The tep1 gene of Sinorhizobium meliloti coding for a putative transmembrane efflux protein and N-acetyl glucosamine affect nod gene expression and nodulation of alfalfa plants

Abstract

Background: Soil bacteria collectively known as Rhizobium, characterized by their ability to establish beneficial symbiosis with legumes, share several common characteristics with pathogenic bacteria when infecting the host plant. Recently, it was demonstrated that a fadD mutant of Sinorhizobium meliloti is altered in the control of swarming, a type of co-ordinated movement previously associated with pathogenicity, and is also impaired in nodulation efficiency on alfalfa roots. In the phytopathogen Xanthomonas campestris, a fadD homolog (rpfB) forms part of a cluster of genes involved in the regulation of pathogenicity factors. In this work, we have investigated the role in swarming and symbiosis of SMc02161, a S. meliloti fadD-linked gene.

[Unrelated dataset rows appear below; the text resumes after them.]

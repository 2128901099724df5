//! Certificates with levels.
use rp_commands::Status;
use std::test::Fail;
use tests_inputs::tables::{AT_799, AT_ALL, CONTRADICTION, MORE_AND_LESS_AT_ALL, OF_AT_799};
use tests_support::{CHECK, ends, rejects};

/// The certificate of the table with other levels, or none, is another table's.
const OF_LEVELS: &[(&str, &str, Status, &str)] = &[
    (
        AT_799,
        OF_AT_799,
        Status::Done,
        "accepted items 5 withheld 0\n",
    ),
    (
        CONTRADICTION,
        OF_AT_799,
        Status::Rejected,
        "rejected item 0 Levels place 0\n",
    ),
    (
        "p_a,q_a,p_b,q_b,e\n1,1,2,2,799\n2,2,1,1,999\n",
        OF_AT_799,
        Status::Rejected,
        "rejected item 0 Levels place 2\n",
    ),
    (
        AT_799,
        "{\"items\":[],\"kind\":\"table\",\"version\":1}",
        Status::Rejected,
        "rejected item 0 Levels place 0\n",
    ),
    (
        AT_799,
        "{\"items\":[],\"kind\":\"table\",\"levels\":[799,1000],\"version\":2}",
        Status::Done,
        "accepted items 0 withheld 0\n",
    ),
    (
        AT_799,
        "{\"items\":[],\"kind\":\"table\",\"levels\":[800,999],\"version\":2}",
        Status::Rejected,
        "rejected item 0 Levels place 1\n",
    ),
    (
        AT_799,
        "{\"items\":[],\"kind\":\"table\",\"levels\":[799],\"version\":2}",
        Status::Rejected,
        "rejected item 0 Levels place 0\n",
    ),
    (
        AT_799,
        "{\"items\":[],\"kind\":\"table\",\"levels\":[800,1000,1000],\"version\":2}",
        Status::Rejected,
        "rejected item 0 Levels place 0\n",
    ),
    (
        AT_ALL,
        "{\"items\":[{\"cycle\":[1,2,1],\"item\":\"garp\"}],\"kind\":\"table\",\"version\":1}",
        Status::Rejected,
        "rejected item 0 Levels place 0\n",
    ),
];

#[test]
fn levels_of_a_certificate_are_those_of_the_table(rt: HostRuntime) -> Result<(), Fail> {
    for (table, certificate, status, out) in OF_LEVELS {
        let files = &[("t.csv", *table), ("c.json", *certificate)];
        ends(rt.alloc(), CHECK, files, *status, out, "")?;
    }
    Ok(())
}

/// At 800 and 800 both steps of the cycle are equalities; a model in the scale without levels is none with them. Demand
/// and welfare are not defined there, whatever else is wrong with them.
const FORGED: &[(&str, &str, &str)] = &[
    (
        AT_799,
        "{\"items\":[{\"cycle\":[1,2,1],\"item\":\"garp\"}],\"kind\":\"table\",\"levels\":[799,1000],\"version\":2}",
        "rejected item 1 NotWeak place 1\n",
    ),
    (
        "p_a,q_a,p_b,q_b,e\n1,1,2,2,800\n2,2,1,1,800\n",
        "{\"items\":[{\"cycle\":[1,2,1],\"item\":\"afriat\"}],\"kind\":\"table\",\"levels\":[800,800],\"version\":2}",
        "rejected item 1 NoStrict place 0\n",
    ),
    (
        AT_799,
        "{\"items\":[{\"item\":\"afriat\",\"lambda\":[\"1\",\"1\"],\"utility\":[\"-1\",\"0\"]}],\"kind\":\"table\",\"levels\":[799,1000],\"version\":2}",
        "rejected item 1 Order place 2\n",
    ),
    (
        AT_799,
        "{\"items\":[{\"item\":\"garp\",\"ranks\":[1,1]}],\"kind\":\"table\",\"levels\":[799,1000],\"version\":2}",
        "rejected item 1 Order place 2\n",
    ),
    (
        AT_799,
        "{\"items\":[{\"item\":\"afriat\",\"lambda\":[\"199\",\"1\"],\"utility\":[\"-1000\",\"0\"]}],\"kind\":\"table\",\"levels\":[799,1000],\"version\":2}",
        "rejected item 1 Order place 1\n",
    ),
    (
        MORE_AND_LESS_AT_ALL,
        "{\"items\":[{\"item\":\"afriat\",\"lambda\":[\"1\",\"1\"],\"utility\":[\"0\",\"-4\"]}],\"kind\":\"table\",\"levels\":[1000,1000],\"version\":2}",
        "rejected item 1 Order place 1\n",
    ),
    (
        AT_799,
        "{\"items\":[{\"item\":\"garp\",\"ranks\":[1,2]},{\"cycle\":[],\"expenditure\":\"0\",\"item\":\"demand\",\"prices\":[]}],\"kind\":\"table\",\"levels\":[799,1000],\"version\":2}",
        "rejected item 2 Levels place 0\n",
    ),
    (
        AT_799,
        "{\"items\":[{\"cycle\":[1,2,1],\"expenditure\":\"3\",\"item\":\"demand\",\"prices\":[\"1\",\"1\"]}],\"kind\":\"table\",\"levels\":[799,1000],\"version\":2}",
        "rejected item 1 Levels place 0\n",
    ),
    (
        AT_799,
        "{\"items\":[{\"cycle\":[1,2,1],\"item\":\"welfare\",\"observation\":1,\"prices\":[\"1\",\"1\"]}],\"kind\":\"table\",\"levels\":[799,1000],\"version\":2}",
        "rejected item 1 Levels place 0\n",
    ),
];

#[test]
fn forged_evidence_with_levels(rt: HostRuntime) -> Result<(), Fail> {
    for (table, certificate, out) in FORGED {
        let files = &[("t.csv", *table), ("c.json", *certificate)];
        rejects(rt.alloc(), CHECK, files, out)?;
    }
    Ok(())
}
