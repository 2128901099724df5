//! How one kind of entry is printed.
ghost use Rattle.std.specs.Prelude.{◌≡◌, ◌++◌, ℕ, List, OnOk};
ghost use Rattle.std.specs.Fmt.{decimal, signed_decimal};
ghost use Rattle.rp_num.specs.Fraction.{fraction_text};
ghost use Rattle.rp_print.specs.ListText.{ordinal_text};

use itoa::{Buffer, Integer};
use rp_num::{Frac, NoMemory, print_frac};
use std::alloc::Global;

/// How one kind of entry is printed. A crate that prints entries of its own gives an impl for them.
pub trait Print {
    type Entry: Copy;

    /// The text of an entry.
    ghost text: { Self.Entry → List ℕ };

    /// Appends an entry.
    fn push(alloc: Global, out: &mut Vec<u8>, entry: Self::Entry) -> Result<(), NoMemory>
        ensures { OnOk result (out.new.items ≡ out.old.items ++ text entry) };
}

/// A number as it is.
pub struct Number;

impl Print for Number {
    type Entry = u32;

    ghost text = { decimal };

    fn push(_alloc: Global, out: &mut Vec<u8>, entry: u32) -> Result<(), NoMemory> {
        push_digits(out, entry)
    }
}

/// A number of 64 bits as it is.
pub struct LongNumber;

impl Print for LongNumber {
    type Entry = u64;

    ghost text = { decimal };

    fn push(_alloc: Global, out: &mut Vec<u8>, entry: u64) -> Result<(), NoMemory> {
        push_digits(out, entry)
    }
}

/// The number of one of several things, an observation, a good or a patch, which is counted from 0 and printed from 1.
pub struct Ordinal;

impl Print for Ordinal {
    type Entry = u32;

    ghost text = { ordinal_text };

    fn push(_alloc: Global, out: &mut Vec<u8>, entry: u32) -> Result<(), NoMemory> {
        push_digits(out, u64::from(entry) + 1)
    }
}

/// A whole number with its sign.
pub struct Signed;

impl Print for Signed {
    type Entry = i128;

    ghost text = { signed_decimal };

    fn push(_alloc: Global, out: &mut Vec<u8>, entry: i128) -> Result<(), NoMemory> {
        push_digits(out, entry)
    }
}

/// A fraction in lowest terms.
pub struct Fraction;

impl Print for Fraction {
    type Entry = Frac;

    ghost text = { fraction_text };

    fn push(alloc: Global, out: &mut Vec<u8>, entry: Frac) -> Result<(), NoMemory> {
        print_frac(alloc, out, entry)
    }
}

/// Appends an integer as `{}` writes it. No text is made for it in memory.
fn push_digits<I: Integer>(out: &mut Vec<u8>, n: I) -> Result<(), NoMemory>
    ensures { OnOk result (out.new.items ≡ out.old.items ++ I.text n) }
{
    let mut buffer = Buffer::new();
    out.extend_from_slice(buffer.format(n).as_bytes())?;
    Ok(())
}
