//! What is asked of the choices in a file, as tables of cases that one loop goes through. No clause speaks of the rows.
use crate::menus::evidence::{Evidence, accepts, reported};
use crate::menus::found::found;
use crate::menus::given::{told_menus, told_units};
use crate::menus::sums::sums;
use std::alloc::Global;
use std::process::Abort;
use std::test::Fail;

/// What is asked, with so many units on each menu where some are given.
#[derive(Clone, Copy)]
pub(crate) enum Asked {
    /// The menus of a file, or its fault.
    Read,
    Units(Option<u32>),
    /// The sums over menus that hold a menu.
    Sums,
    /// The evidence that is found.
    Found(Option<u32>),
    /// The report on given evidence.
    Reported(Option<u32>, Evidence),
}

/// What a file comes to.
fn told(rt: &impl Abort, alloc: Global, asked: Asked, file: &str) -> Result<String, Fail> {
    match asked {
        Asked::Read => told_menus(alloc, file),
        Asked::Units(unit) => told_units(rt, alloc, file, unit),
        Asked::Sums => sums(rt, alloc, file),
        Asked::Found(unit) => found(rt, alloc, file, unit),
        Asked::Reported(unit, evidence) => reported(rt, alloc, file, unit, evidence),
    }
}

/// Asserts what case `k` of a table, from 0, comes to.
pub(crate) fn assert_text(rt: &impl Abort, k: usize, got: &str, expected: &str) {
    assert_eq!(rt; got, expected, "case {k}");
}

/// Asserts what each file comes to.
pub(crate) fn assert_told(
    rt: &impl Abort,
    alloc: Global,
    asked: Asked,
    cases: &[(&str, &str)],
) -> Result<(), Fail> {
    for k in 0..cases.len() {
        let (file, expected) = cases[k];
        let got = told(rt, alloc, asked, file)?;
        assert_text(rt, k, got.as_str(), expected);
    }
    Ok(())
}

/// Asserts of each evidence on the choices of a file whether it is accepted.
pub(crate) fn assert_accepts(
    rt: &impl Abort,
    alloc: Global,
    file: &str,
    cases: &[(Evidence, bool)],
) -> Result<(), Fail> {
    for k in 0..cases.len() {
        let (evidence, expected) = cases[k];
        let got = accepts(rt, alloc, file, evidence)?;
        assert!(rt; got == expected, "case {k}");
    }
    Ok(())
}
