//! The line on a table.
ghost use Rattle.std.specs.Prelude.{◌≡◌, ◌++◌, OnOk};
ghost use Rattle.rp_print.specs.HeadText.{head_text};

use crate::entry::Number;
use crate::line::push_after;
use rp_num::NoMemory;
use rp_table::Table;
use std::alloc::Global;

/// Appends the line on a table: how many observations and goods it has, and the places of its prices and quantities.
pub fn push_head(alloc: Global, out: &mut Vec<u8>, table: &Table) -> Result<(), NoMemory>
    ensures { OnOk result (out.new.items ≡ out.old.items ++ head_text table.now) }
{
    push_after::<Number>(alloc, out, b"observations ", table.n())?;
    push_after::<Number>(alloc, out, b" goods ", table.goods())?;
    push_after::<Number>(alloc, out, b" places ", u32::from(table.price_places()))?;
    push_after::<Number>(alloc, out, b" ", u32::from(table.quantity_places()))?;
    out.push(b'\n')?;
    Ok(())
}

Results: The SMc02161 locus in S. meliloti shows similarities with members of the Major Facilitator Superfamily (MFS) of transporters. A S. meliloti null-mutant shows increased sensitivity to chloramphenicol. This indication led us to rename the locus tep1 for transmembrane efflux protein. The lack of tep1 does not affect the appearance of swarming motility. Interestingly, nodule formation efficiency on alfalfa plants is improved in the tep1 mutant during the first days of the interaction though nod gene expression is lower than in the wild type strain. Curiously, a nodC mutation or the addition of N-acetyl glucosamine to the wild type strain lead to similar reductions in nod gene expression as in the tep1 mutant. Moreover, aminosugar precursors of Nod factors inhibit nodulation.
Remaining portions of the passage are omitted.